(Data provided)

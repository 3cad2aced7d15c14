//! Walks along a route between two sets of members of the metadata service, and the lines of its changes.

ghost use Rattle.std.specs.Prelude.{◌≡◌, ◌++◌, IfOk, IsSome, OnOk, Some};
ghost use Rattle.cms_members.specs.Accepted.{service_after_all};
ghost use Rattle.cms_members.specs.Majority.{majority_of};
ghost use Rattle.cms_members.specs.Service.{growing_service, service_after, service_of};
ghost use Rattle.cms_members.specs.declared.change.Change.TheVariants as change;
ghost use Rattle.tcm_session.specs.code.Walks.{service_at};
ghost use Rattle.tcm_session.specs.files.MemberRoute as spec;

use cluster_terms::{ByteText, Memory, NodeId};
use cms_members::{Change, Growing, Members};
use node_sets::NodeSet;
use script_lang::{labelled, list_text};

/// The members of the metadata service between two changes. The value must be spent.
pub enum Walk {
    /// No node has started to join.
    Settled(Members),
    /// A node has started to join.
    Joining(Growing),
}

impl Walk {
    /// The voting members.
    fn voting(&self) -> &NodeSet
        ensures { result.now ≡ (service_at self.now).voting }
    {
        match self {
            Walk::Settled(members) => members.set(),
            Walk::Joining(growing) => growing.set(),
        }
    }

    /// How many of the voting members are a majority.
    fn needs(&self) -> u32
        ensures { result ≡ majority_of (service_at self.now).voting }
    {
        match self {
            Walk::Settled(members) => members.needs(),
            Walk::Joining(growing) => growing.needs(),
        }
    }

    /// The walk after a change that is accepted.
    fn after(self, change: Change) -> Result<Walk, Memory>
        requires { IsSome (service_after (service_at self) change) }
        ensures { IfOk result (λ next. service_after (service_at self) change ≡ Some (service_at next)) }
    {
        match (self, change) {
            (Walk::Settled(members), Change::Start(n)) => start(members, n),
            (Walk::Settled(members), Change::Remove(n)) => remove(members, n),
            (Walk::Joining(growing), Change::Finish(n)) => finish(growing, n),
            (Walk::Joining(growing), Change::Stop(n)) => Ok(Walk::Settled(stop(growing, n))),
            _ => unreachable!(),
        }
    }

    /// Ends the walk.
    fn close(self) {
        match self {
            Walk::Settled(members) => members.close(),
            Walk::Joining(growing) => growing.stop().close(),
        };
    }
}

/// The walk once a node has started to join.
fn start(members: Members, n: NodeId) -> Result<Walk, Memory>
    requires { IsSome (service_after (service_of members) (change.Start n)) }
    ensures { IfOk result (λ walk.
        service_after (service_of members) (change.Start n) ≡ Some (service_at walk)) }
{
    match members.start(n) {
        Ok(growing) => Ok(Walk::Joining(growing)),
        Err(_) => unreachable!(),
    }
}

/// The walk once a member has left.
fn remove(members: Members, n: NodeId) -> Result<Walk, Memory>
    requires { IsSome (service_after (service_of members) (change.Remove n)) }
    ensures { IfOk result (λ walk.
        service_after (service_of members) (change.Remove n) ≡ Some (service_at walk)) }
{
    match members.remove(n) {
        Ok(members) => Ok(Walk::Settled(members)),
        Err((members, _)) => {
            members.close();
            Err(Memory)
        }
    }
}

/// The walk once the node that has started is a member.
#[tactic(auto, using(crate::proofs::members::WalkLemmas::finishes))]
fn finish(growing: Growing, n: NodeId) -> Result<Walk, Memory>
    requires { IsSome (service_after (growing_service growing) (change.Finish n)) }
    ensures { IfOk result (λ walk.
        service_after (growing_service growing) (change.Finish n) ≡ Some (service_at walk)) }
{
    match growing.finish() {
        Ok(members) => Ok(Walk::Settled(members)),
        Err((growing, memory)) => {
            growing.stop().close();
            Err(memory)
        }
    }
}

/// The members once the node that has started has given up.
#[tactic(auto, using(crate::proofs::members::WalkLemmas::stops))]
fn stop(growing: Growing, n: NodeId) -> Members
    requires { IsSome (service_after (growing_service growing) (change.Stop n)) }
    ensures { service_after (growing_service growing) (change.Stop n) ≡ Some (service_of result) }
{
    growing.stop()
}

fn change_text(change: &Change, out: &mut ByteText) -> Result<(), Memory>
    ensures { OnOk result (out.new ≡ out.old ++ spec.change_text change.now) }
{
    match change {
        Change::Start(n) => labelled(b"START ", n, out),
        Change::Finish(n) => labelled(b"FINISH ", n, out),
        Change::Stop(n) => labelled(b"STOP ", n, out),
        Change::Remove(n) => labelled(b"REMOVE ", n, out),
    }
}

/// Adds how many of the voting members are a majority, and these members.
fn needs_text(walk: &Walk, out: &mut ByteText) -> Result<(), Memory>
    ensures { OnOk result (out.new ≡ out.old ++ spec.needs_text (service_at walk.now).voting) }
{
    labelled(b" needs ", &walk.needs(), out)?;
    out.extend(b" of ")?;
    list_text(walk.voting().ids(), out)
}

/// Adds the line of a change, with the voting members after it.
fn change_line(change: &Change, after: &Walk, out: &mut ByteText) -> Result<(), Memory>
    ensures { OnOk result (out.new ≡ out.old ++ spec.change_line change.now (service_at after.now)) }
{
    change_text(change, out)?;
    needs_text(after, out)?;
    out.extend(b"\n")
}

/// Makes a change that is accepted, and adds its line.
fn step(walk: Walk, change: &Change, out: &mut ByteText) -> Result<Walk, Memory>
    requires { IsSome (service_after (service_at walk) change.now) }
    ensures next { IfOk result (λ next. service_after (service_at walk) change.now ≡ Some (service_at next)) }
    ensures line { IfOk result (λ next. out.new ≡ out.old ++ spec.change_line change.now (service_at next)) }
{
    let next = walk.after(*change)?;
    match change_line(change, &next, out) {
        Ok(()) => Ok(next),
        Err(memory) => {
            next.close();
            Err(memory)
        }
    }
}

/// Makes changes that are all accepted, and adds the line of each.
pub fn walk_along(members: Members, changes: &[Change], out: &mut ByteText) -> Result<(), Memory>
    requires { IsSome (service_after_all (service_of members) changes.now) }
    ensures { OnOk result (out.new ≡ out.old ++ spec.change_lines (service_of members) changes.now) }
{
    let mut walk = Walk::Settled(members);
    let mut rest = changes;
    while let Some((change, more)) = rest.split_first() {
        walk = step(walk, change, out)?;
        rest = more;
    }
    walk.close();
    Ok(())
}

(End Data provided)

Between the first line of the entries above and the line with "(Walk::Joining(growing), Change::Finish(n)) =>", both included, copy every line exactly and nothing outside that range.

*Completed task*.
repository 3cad2aced7d15c14
//! Walks along a route between two sets of members of the metadata service, and the lines of its changes.

ghost use Rattle.std.specs.Prelude.{◌≡◌, ◌++◌, IfOk, IsSome, OnOk, Some};
ghost use Rattle.cms_members.specs.Accepted.{service_after_all};
ghost use Rattle.cms_members.specs.Majority.{majority_of};
ghost use Rattle.cms_members.specs.Service.{growing_service, service_after, service_of};
ghost use Rattle.cms_members.specs.declared.change.Change.TheVariants as change;
ghost use Rattle.tcm_session.specs.code.Walks.{service_at};
ghost use Rattle.tcm_session.specs.files.MemberRoute as spec;

use cluster_terms::{ByteText, Memory, NodeId};
use cms_members::{Change, Growing, Members};
use node_sets::NodeSet;
use script_lang::{labelled, list_text};

/// The members of the metadata service between two changes. The value must be spent.
pub enum Walk {
    /// No node has started to join.
    Settled(Members),
    /// A node has started to join.
    Joining(Growing),
}

impl Walk {
    /// The voting members.
    fn voting(&self) -> &NodeSet
        ensures { result.now ≡ (service_at self.now).voting }
    {
        match self {
            Walk::Settled(members) => members.set(),
            Walk::Joining(growing) => growing.set(),
        }
    }

    /// How many of the voting members are a majority.
    fn needs(&self) -> u32
        ensures { result ≡ majority_of (service_at self.now).voting }
    {
        match self {
            Walk::Settled(members) => members.needs(),
            Walk::Joining(growing) => growing.needs(),
        }
    }

    /// The walk after a change that is accepted.
    fn after(self, change: Change) -> Result<Walk, Memory>
        requires { IsSome (service_after (service_at self) change) }
        ensures { IfOk result (λ next. service_after (service_at self) change ≡ Some (service_at next)) }
    {
        match (self, change) {
            (Walk::Settled(members), Change::Start(n)) => start(members, n),
            (Walk::Settled(members), Change::Remove(n)) => remove(members, n),
            (Walk::Joining(growing), Change::Finish(n)) => finish(growing, n),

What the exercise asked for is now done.